Cyberbullying is a serious problem that can have detrimental effects on individuals' mental health and well-being. Given the large volume of tweets generated daily, manually identifying cyberbullying is time-consuming and inefficient. This tool has been developed to address this challenge by efficiently flagging potentially harmful tweets, aiming to create a safer online environment for all.
- Used Kaggle's Cyberbullying Dataset with under-sampling.
- Cleaned and transformed data for machine learning.
- Trained various models using cross-validation.
- Built a user-friendly API with Flask.
Python Version: 3.10
Packages: numpy, pandas, nltk, scikit-learn, xgboost, flask, json, pickle
Original Dataset: https://www.kaggle.com/datasets/andrewmvd/cyberbullying-classification
Setting Up Environment:
conda create -p venv python=3.10 -y
pip install -r requirements.txt
The dataset utilized, Cyberbullying Classification Dataset from Kaggle. This dataset is tailored for binary classification, distinguishing potentially harmful tweets from non-cyberbullying ones.
A Python script is employed for comprehensive text data cleaning, encompassing operations such as:
- Punctuation removal
- Numeric character removal
- Lowercasing
- Stop word elimination
- Lemmatization/Stemming
- URL removal
- Data Splitting: Segregation of data into training and testing sets with a 70-30 ratio.

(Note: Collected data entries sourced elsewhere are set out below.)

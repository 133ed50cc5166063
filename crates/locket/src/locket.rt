//! A locket over a disk, for one caller: each change is on the disk before it is acknowledged.
ghost use Rattle.std.specs.Prelude.{◌≡◌};
ghost use Rattle.disk_trait.specs.Steps.{Goes};
ghost use Rattle.locket.specs.Calls.{EndsLock, lock_added, GrowsLocks, DoesLock, LockUses, is_lock_disk_fault};
ghost use Rattle.locket.specs.Lives.{state_of};
ghost use Rattle.locket.specs.Steps.{lock_step};
ghost use Rattle.locket.specs.View.{life_of};
ghost use Rattle.locket.specs.declared.verdict.LockVerdict.TheVariants.{Changes};

use crate::bytes::fits;
use crate::command::LockCommand;
use crate::deciding::step;
use crate::reply::{LockFault, LockReply};
use crate::state::LockState;
use crate::verdict::LockVerdict;
use disk_trait::Disk;
use payload_log::PayloadLog;
use std::marker::Model;

/// The state of a locket, and the journal that keeps its life.
#[derive(Drop)]
pub struct Locket<D: Disk> {
    pub(crate) log: PayloadLog<D, LockCommand>,
    pub(crate) state: LockState,
}

impl<D: Disk> Model for Locket<D> {
    ghost use Rattle.locket.specs.Opening.{commands_in};
    ghost use Rattle.locket.specs.View.{LocketView, IsSoundLocket};

    ghost Value = { LocketView D };

    ghost view = { λ l. record {
      disk = l.log.disk;
      base = commands_in l.log.start.payloads;
      log = l.log.log;
      marks = l.log.marks;
      since = l.log.since;
      faults = l.log.faults;
      waits = l.log.waits;
    } };

    ghost invariant = { λ l. IsSoundLocket l.log l.state };
}

impl<D: Disk> Locket<D> {
    /// Makes a command that changes the state a part of the locket's life, by the four device calls of
    /// an append. Two more come first where an earlier fault left a gate to be mended, and two last where
    /// the append failed at its own gate.
    fn change(
        &mut self,
        command: &LockCommand,
        next: LockState,
        answer: LockReply,
    ) -> Result<LockReply, LockFault>
        requires { lock_step (state_of (life_of self.old)) command.now ≡ Changes next answer }
        ensures ends { EndsLock (Changes next answer) result }
        ensures grows { GrowsLocks (lock_added (Changes next answer) result command.entry.now)
            (D.moment self.new.disk) self.old self.new }
        ensures does { Goes (D.told self.old.disk) (D.told self.new.disk)
            (DoesLock (lock_added (Changes next answer) result command.entry.now)
            self.old.waits self.new.waits (life_of self.old)) }
        ensures uses { LockUses D.moment D.fault_count
            (lock_added (Changes next answer) result command.entry.now)
            (is_lock_disk_fault result) self.old self.new }
    {
        fits(command);
        if self.log.reserve().is_err() {
            return Err(LockFault::OutOfMemory);
        }
        if self.log.add(command).is_err() {
            return Err(LockFault::Disk);
        }
        self.state = next;
        Ok(answer)
    }

    /// Does a command. What changes nothing touches no device and takes no memory. A change has all its
    /// memory before the first device call; where one of these fails the state stays, and the command is
    /// a doubt. Where its gate was closed again nothing waits, and no later stop brings it back; else one
    /// may, until the next change is acknowledged.
    pub fn call(&mut self, command: LockCommand) -> Result<LockReply, LockFault>
        ensures ends { EndsLock (lock_step (state_of (life_of self.old)) command) result }
        ensures grows { GrowsLocks (lock_added (lock_step (state_of (life_of self.old)) command)
            result command) (D.moment self.new.disk) self.old self.new }
        ensures does { Goes (D.told self.old.disk) (D.told self.new.disk)
            (DoesLock (lock_added (lock_step (state_of (life_of self.old)) command) result command)
            self.old.waits self.new.waits (life_of self.old)) }
        ensures uses { LockUses D.moment D.fault_count
            (lock_added (lock_step (state_of (life_of self.old)) command) result command)
            (is_lock_disk_fault result) self.old self.new }
    {
        match step(&self.state, &command) {
            LockVerdict::Changes(next, answer) => self.change(&command, next, answer),
            LockVerdict::Stays(answer) => Ok(answer),
        }
    }
}
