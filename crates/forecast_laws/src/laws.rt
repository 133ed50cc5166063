//! The laws. These functions do nothing: they are there for what they ensure. Where one calls a law, it follows
//! from that law.
ghost use Rattle.forecast_laws.specs.Losses.{LossesGoAsPlanned, LossesLeaveTheSite};
ghost use Rattle.forecast_laws.specs.Plans.{PlansAreRounds};
ghost use Rattle.forecast_laws.specs.Records.{RecordsReadTheSite};
ghost use Rattle.forecast_laws.specs.Rooms.{DisplacedJobsFindRoom, RoomLeavesNothingWaiting};
ghost use Rattle.forecast_laws.specs.Rooms.{RoomMakesRoundsComplete, RoundsLeaveWhatPlansLeave};

use round_completeness::{
    rounds_auction_what_is_left, rounds_decline_no_start, rounds_that_nothing_disturbs_are_complete,
};
use round_theorem::{
    complete_rounds_converge, rounds_hear_what_gets_through, rounds_lose_what_the_wire_lost,
};

/// Where a round reads what the site says with these cells lost, it places each job just where the
/// plan does.
pub fn plans_are_rounds()
    ensures { PlansAreRounds }
{}

/// Such a round reports without a place just the jobs that the plan leaves, in the same order.
pub fn rounds_leave_what_plans_leave()
    ensures { RoundsLeaveWhatPlansLeave }
{}

/// Where the plan leaves no job, such a round reports none without a place.
pub fn room_leaves_nothing_waiting()
    ensures { RoomLeavesNothingWaiting }
{}

/// Where the verdict of the loss is room, such a round reports none of the displaced jobs without
/// a place, whatever waited before.
pub fn displaced_jobs_find_room()
    ensures { DisplacedJobsFindRoom }
{}

/// Where the plan leaves no job and nothing else disturbs such a round, its report is complete, and
/// all is as it should be.
pub fn room_makes_rounds_complete()
    ensures { RoomMakesRoundsComplete }
{
    rounds_that_nothing_disturbs_are_complete();
    complete_rounds_converge();
}

/// Where the names of the reps differ, a round reads the site if its rows and the answers of the
/// cells are as the site says with these cells lost.
pub fn records_read_the_site()
    ensures { RecordsReadTheSite }
{
    rounds_auction_what_is_left();
}

/// Where rows and cells are in order and as the site says before a loss, and the leases of the lost
/// cells alone have ended, the commands of a round leave what the site says with these cells lost.
pub fn losses_leave_the_site()
    ensures { LossesLeaveTheSite }
{}

/// A round at such rows goes as planned, where nothing disturbs it but, perhaps, want of room: at its
/// end each job that the plan places has its row on that cell.
pub fn losses_go_as_planned()
    ensures { LossesGoAsPlanned }
{
    losses_leave_the_site();
    records_read_the_site();
    rounds_hear_what_gets_through();
    rounds_lose_what_the_wire_lost();
    rounds_decline_no_start();
    plans_are_rounds();
    rounds_leave_what_plans_leave();
    displaced_jobs_find_room();
    room_makes_rounds_complete();
}
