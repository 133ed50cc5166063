//! The step of a command: whether it changes the state, and what is answered. It takes no memory.
ghost use Rattle.std.specs.Prelude.{◌≡◌, ◌+◌, ◌<◌, Some, None};
ghost use Rattle.locket.specs.Lives.{IsCounted};
ghost use Rattle.locket.specs.Steps as plain;
ghost use Rattle.locket.specs.declared.reply.LockRefusal.TheVariants as reasons;
ghost use Rattle.locket.specs.declared.reply.LockReply.TheVariants as answers;

use crate::command::{LockCommand, LockOp};
use crate::reply::{LockRefusal, LockReply};
use crate::state::{Lease, LockState};
use crate::verdict::LockVerdict;
use crash_backoff::Moment;
use diego_names::Name;

/// How many changes a locket makes in its life at most. Its journal is never shortened.
const MOST_CHANGES: u32 = 1_000_000;

fn refusing(why: LockRefusal) -> LockVerdict
    ensures { result ≡ plain.refusing why }
{
    LockVerdict::Stays(LockReply::Refused(why))
}

fn acknowledging(lease: &Lease) -> LockReply
    ensures { result ≡ answers.Ok lease.entry.now }
{
    LockReply::Ok { lease: *lease }
}

fn some_lease(lease: &Lease) -> Option<Lease>
    ensures { result ≡ Some lease.entry.now }
{
    Some(*lease)
}

/// The state after one change more.
fn changed(state: &LockState, now: Moment, last: u64, held: Option<Lease>) -> LockState
    requires { state.now.count < 1000000 }
    ensures { result ≡ plain.changed state.entry.now now last held }
{
    LockState {
        last,
        seen: now,
        held,
        count: state.count + 1,
    }
}

/// A lease with the next fence is given.
fn give(state: &LockState, now: Moment, owner: &Name, ttl: u32) -> LockVerdict
    requires { IsCounted state.now }
    ensures { result ≡ plain.given state.entry.now now owner.entry.now ttl }
{
    if state.count == MOST_CHANGES {
        return refusing(LockRefusal::LockFull);
    }
    let lease = Lease {
        owner: *owner,
        fence: state.last + 1,
        until: now.0 as u64 + ttl as u64,
    };
    let next = changed(state, now, lease.fence, some_lease(&lease));
    LockVerdict::Changes(next, acknowledging(&lease))
}

/// A lease that holds is asked for.
fn answer_taken(lease: &Lease, owner: &Name) -> LockVerdict
    ensures { result ≡ plain.taken lease.entry.now owner.entry.now }
{
    if lease.owner == *owner {
        return LockVerdict::Stays(LockReply::Same { lease: *lease });
    }
    refusing(LockRefusal::Held {
        by: lease.owner,
        until: lease.until,
    })
}

fn acquire(state: &LockState, now: Moment, owner: &Name, ttl: u32) -> LockVerdict
    requires { IsCounted state.now }
    ensures { result ≡ plain.acquired state.entry.now.held state.entry.now now owner.entry.now ttl }
{
    match &state.held {
        None => give(state, now, owner, ttl),
        Some(lease) => {
            if (now.0 as u64) < lease.until {
                return answer_taken(lease, owner);
            }
            give(state, now, owner, ttl)
        }
    }
}

/// The lease that wasn't released, if it is of that owner and has that fence.
fn own_lease(state: &LockState, owner: &Name, fence: u64) -> Option<Lease>
    ensures { result ≡ plain.own_lease state.entry.now.held owner.entry.now fence }
{
    match &state.held {
        None => None,
        Some(lease) => {
            if lease.owner == *owner && lease.fence == fence {
                return some_lease(lease);
            }
            None
        }
    }
}

fn not_holder(state: &LockState) -> LockVerdict
    ensures { result ≡ plain.refusing (reasons.NotHolder state.entry.now.last) }
{
    refusing(LockRefusal::NotHolder { last: state.last })
}

/// The same lease with another end.
fn ending(lease: &Lease, until: u64) -> Lease
    ensures { result ≡ plain.ending lease.entry.now until }
{
    Lease {
        owner: lease.owner,
        fence: lease.fence,
        until,
    }
}

/// The holder's lease is to end so many seconds from now.
fn renew(state: &LockState, lease: &Lease, now: Moment, ttl: u32) -> LockVerdict
    requires { IsCounted state.now }
    ensures { result ≡ plain.renewed (Some lease.entry.now) state.entry.now now ttl }
{
    if lease.until <= now.0 as u64 {
        return refusing(LockRefusal::Expired { until: lease.until });
    }
    let until = now.0 as u64 + ttl as u64;
    if lease.until == until {
        return LockVerdict::Stays(LockReply::Same { lease: *lease });
    }
    if state.count == MOST_CHANGES {
        return refusing(LockRefusal::LockFull);
    }
    let longer = ending(lease, until);
    let next = changed(state, now, state.last, some_lease(&longer));
    LockVerdict::Changes(next, acknowledging(&longer))
}

/// The holder gives its lease back.
fn release(state: &LockState, lease: &Lease, now: Moment) -> LockVerdict
    requires { IsCounted state.now }
    ensures { result ≡ plain.released (Some lease.entry.now) state.entry.now now }
{
    if state.count == MOST_CHANGES {
        return refusing(LockRefusal::LockFull);
    }
    let answer = LockReply::Released { fence: lease.fence };
    LockVerdict::Changes(changed(state, now, state.last, None), answer)
}

fn renew_own(state: &LockState, now: Moment, owner: &Name, fence: u64, ttl: u32) -> LockVerdict
    requires { IsCounted state.now }
    ensures { result ≡ plain.renewed (plain.own_lease state.entry.now.held owner.entry.now fence)
        state.entry.now now ttl }
{
    match own_lease(state, owner, fence) {
        None => not_holder(state),
        Some(lease) => renew(state, &lease, now, ttl),
    }
}

fn release_own(state: &LockState, now: Moment, owner: &Name, fence: u64) -> LockVerdict
    requires { IsCounted state.now }
    ensures { result ≡ plain.released (plain.own_lease state.entry.now.held owner.entry.now fence)
        state.entry.now now }
{
    match own_lease(state, owner, fence) {
        None => not_holder(state),
        Some(lease) => release(state, &lease, now),
    }
}

/// What a command comes to in a state.
#[tactic(auto, unfolding(crate::specs::Steps::lock_step))]
pub fn step(state: &LockState, command: &LockCommand) -> LockVerdict
    requires { IsCounted state.now }
    ensures { result ≡ plain.lock_step state.entry.now command.entry.now }
{
    let now = command.now;
    if now.0 < state.seen.0 {
        return refusing(LockRefusal::Past { seen: state.seen });
    }
    match &command.op {
        LockOp::Acquire { owner, ttl } => acquire(state, now, owner, *ttl),
        LockOp::Renew { owner, fence, ttl } => renew_own(state, now, owner, *fence, *ttl),
        LockOp::Release { owner, fence } => release_own(state, now, owner, *fence),
    }
}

- Feature Engineering: Utilization of a transformation pipeline integrating CountVectorizer and TfidfTransformer.
- Model Training and Evaluation: Training multiple models via cross-validation, with selection based on accuracy and training efficiency. The XGBClassifier model is chosen for its superior performance.
- Fine-tuning: Refinement of the XGBClassifier model for optimal performance.
After cross-validation, the models show the following performances:
The project culminates in the development of a user interface facilitated by Flask, along with an API endpoint for real-time cyberbullying detection.